She's also learned about the challenges facing her patients in the simplest
aspects of medical care.
"Don't assume that the same resources are available to your
patients," she said. "If you ask them, 'Where do you get your
medications?' it may be 90 miles away."
Most of the graduates of the program stay in New Mexico, and perhaps 25
percent end up in rural areas, said Lewis.
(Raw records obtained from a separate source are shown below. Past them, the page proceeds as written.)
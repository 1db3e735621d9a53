//! A POP of SKDUPD's group 4: the days on which a service runs, read from the segment's parts.

#![tactic(auto)]

mod any;
mod dated;
mod elements;
mod forms;
mod runs;
mod spans;
mod strings;
mod written;

ghost use Rattle.std.specs.Prelude.{◌≡◌, ℕ, Some, Ok};
ghost use Rattle.syntax.specs.Segment.{segment_at};
ghost use Rattle.parts.specs.Places.{bytes_of};
ghost use Rattle.period.specs.Period.{suffices, period_of, period_answer, pop_answer, fault_number, pop_at, pop_from};

use crate::any::read_any;
use crate::written::read_written;
use calendar::Span;
pub use elements::part_of;
use parts::Part;
pub use runs::day_runs;
pub use strings::are_days;
use syntax::segment::read_segment;

/// What tells the days of a period.
#[derive(Clone, Copy, PartialEq, Eq, Debug)]
pub enum Form {
    /// Neither form is given and the caller asks for the old reading: every day runs.
    Every,
    /// The day string, 4440.
    ByString,
    /// The weekdays, 2160.
    ByWeekdays,
}

impl Form {
    // Whether it tells the days to a caller with a wish: a form that is given does, and none at all to one who asks for the old reading.
    fn suffices(self, wish: bool) -> bool
        ensures { result ≡ suffices wish self }
    {
        match self {
            Form::Every => wish,
            Form::ByString => true,
            Form::ByWeekdays => true,
        }
    }
}

/// Which part of a POP is wrong; where several are, the first of these.
#[derive(Clone, Copy, PartialEq, Eq, Debug)]
pub enum Fault {
    BadDates,
    BadDayString,
    BadWeekdays,
    BothForms,
    /// Where the caller does not ask for the old reading.
    NeitherForm,
    BadRest,
}

impl Fault {
    /// The number of the part that is wrong, 1 to 6.
    pub fn number(self) -> u8
        ensures { result ≡ fault_number self }
    {
        match self {
            Fault::BadDates => 1,
            Fault::BadDayString => 2,
            Fault::BadWeekdays => 3,
            Fault::BothForms => 4,
            Fault::NeitherForm => 5,
            Fault::BadRest => 6,
        }
    }
}

/// What a POP says: its days, and what tells those that run.
#[derive(Clone, Copy)]
pub struct Period {
    pub days: Span,
    pub form: Form,
}

/// A whole segment that says a good period: the terminator's index, and what it says.
#[derive(Clone, Copy)]
pub struct Pop {
    pub end: usize,
    pub period: Period,
}

impl Pop {
    fn new(end: usize, days: Span, form: Form) -> Pop
        ensures { Some result ≡ pop_from end days.first days.count form }
    {
        Pop {
            end,
            period: Period { days, form },
        }
    }
}

/// The period that a POP gives, the segment without its terminator. The wish is whether the caller asks for the old reading, in which a POP
/// with neither form means every day.
pub fn read_period(s: &[u8], segment: Part, wish: bool) -> Result<Period, Fault>
    ensures period { result ≡ period_of wish (bytes_of s.now segment) }
    ensures said { (at : ℕ) → period_answer at result ≡ pop_answer wish at (bytes_of s.now segment) }
{
    read_any(s, segment, wish)
}

// The POP of a whole segment, written in any way.
fn read_whole(s: &[u8], at: usize, end: usize, wish: bool) -> Option<Pop>
    requires { segment_at s.now at ≡ Ok end }
    ensures { result ≡ pop_at wish s.now at }
{
    let period = read_any(s, Part { from: at, to: end }, wish).ok()?;
    Some(Pop { end, period })
}

// The POP at an offset, written in any way.
fn read_pop(s: &[u8], at: usize, wish: bool) -> Option<Pop>
    ensures { result ≡ pop_at wish s.now at }
{
    match read_segment(s, at) {
        Ok(end) => read_whole(s, at, end, wish),
        Err(_) => None,
    }
}

/// The POP at an offset, where a whole segment stands there that says a good period. What a POP in a usual form says tells where it ends, so
/// that its bytes are looked at once.
pub fn pop_at(s: &[u8], at: usize, wish: bool) -> Option<Pop>
    ensures { result ≡ pop_at wish s.now at }
{
    let Some(pop) = read_written(s, at) else {
        return read_pop(s, at, wish);
    };
    if pop.period.form.suffices(wish) {
        return Some(pop);
    }
    None
}
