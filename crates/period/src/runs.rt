//! The days that run in a period that was read.

ghost use Rattle.std.specs.Prelude.{◌≡◌};
ghost use Rattle.parts.specs.Places.{bytes_of};
ghost use Rattle.period.specs.Period.{runs_by, runs_in};

use crate::elements::part_of;
use crate::{Fault, Form, Period};
use characters::{character_at, has_character};
use parts::Part;

// Whether the day k days after the first runs by a form.
fn form_runs(s: &[u8], segment: Part, form: Form, first: usize, k: usize) -> bool
    ensures { result ≡ runs_by (bytes_of s.now segment) form first k }
{
    match form {
        Form::Every => true,
        Form::ByString => character_at(part_of(s, segment, 1, 4), k) == b'1',
        Form::ByWeekdays => {
            let weekday = dates::weekday(first % 7 + k % 7);
            has_character(part_of(s, segment, 2, 1), 48 + weekday)
        }
    }
}

/// Whether the day k days after the first runs, of the period that was read from a segment.
pub fn day_runs(s: &[u8], segment: Part, period: Result<Period, Fault>, k: usize) -> bool
    ensures { result ≡ runs_in (bytes_of s.now segment) period k }
{
    match period {
        Ok(period) => {
            k < period.days.count && form_runs(s, segment, period.form, period.days.first, k)
        }
        Err(_) => false,
    }
}
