//! The characters of days, eight at a time: where they end, and whether all bytes are such.

ghost use Rattle.std.specs.Prelude.{◌≡◌, ◌+◌, drop};
ghost use Rattle.laws.specs.Choice.{all};
ghost use Rattle.laws.specs.Leads.{run_of};
ghost use Rattle.period.specs.Period.{zero_or_one};

use raw_bytes::eight_at;

// Eight times `0`.
const ZEROS: usize = 0x3030_3030_3030_3030;

// All bits but the lowest of each byte: in these a `1` is as a `0`.
const ALIKE: usize = 0xfefe_fefe_fefe_fefe;

// Behind the `0` and `1` from an index on, one by one.
fn last_days_end(g: &[u8], from: usize) -> usize
    ensures { result ≡ from + run_of zero_or_one (drop from g.now) }
{
    let mut i = from;
    while i < g.len() {
        let b = g[i];
        if b < b'0' {
            return i;
        }
        if b'1' < b {
            return i;
        }
        i += 1;
    }
    i
}

// Behind the `0` and `1` that stand from an index on.
pub(crate) fn days_end(g: &[u8], from: usize) -> usize
    ensures { result ≡ from + run_of zero_or_one (drop from g.now) }
{
    let mut i = from;
    loop {
        let Some(word) = eight_at(g, i) else {
            return last_days_end(g, i);
        };
        if (word ^ ZEROS) & ALIKE != 0 {
            return last_days_end(g, i);
        }
        i += 8;
    }
}

/// Whether the bytes from an index on are `0` and `1`: the bits in which another byte differs are gathered, and tested once.
pub fn are_days(g: &[u8], from: usize) -> bool
    ensures { result ≡ all zero_or_one (drop from g.now) }
{
    let mut i = from;
    let mut other = 0usize;
    loop {
        let Some(word) = eight_at(g, i) else {
            if other != 0 {
                return false;
            }
            return g.len() <= last_days_end(g, i);
        };
        other |= (word ^ ZEROS) & ALIKE;
        i += 8;
    }
}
About half practice in underserved
Birkmayer specialized in addiction psychiatry now and is an assistant
professor at the medical school. He lives in Albuquerque but maintains
contacts with clinics around the state. "You don't have to live in a
small town to work there," he said.
After residency, Arizaga plans to return to Silver City and extend her
family's commitment to the medical profession there. Her father practices
dermatology and her mother holds a Ph.D. in clinical psychology.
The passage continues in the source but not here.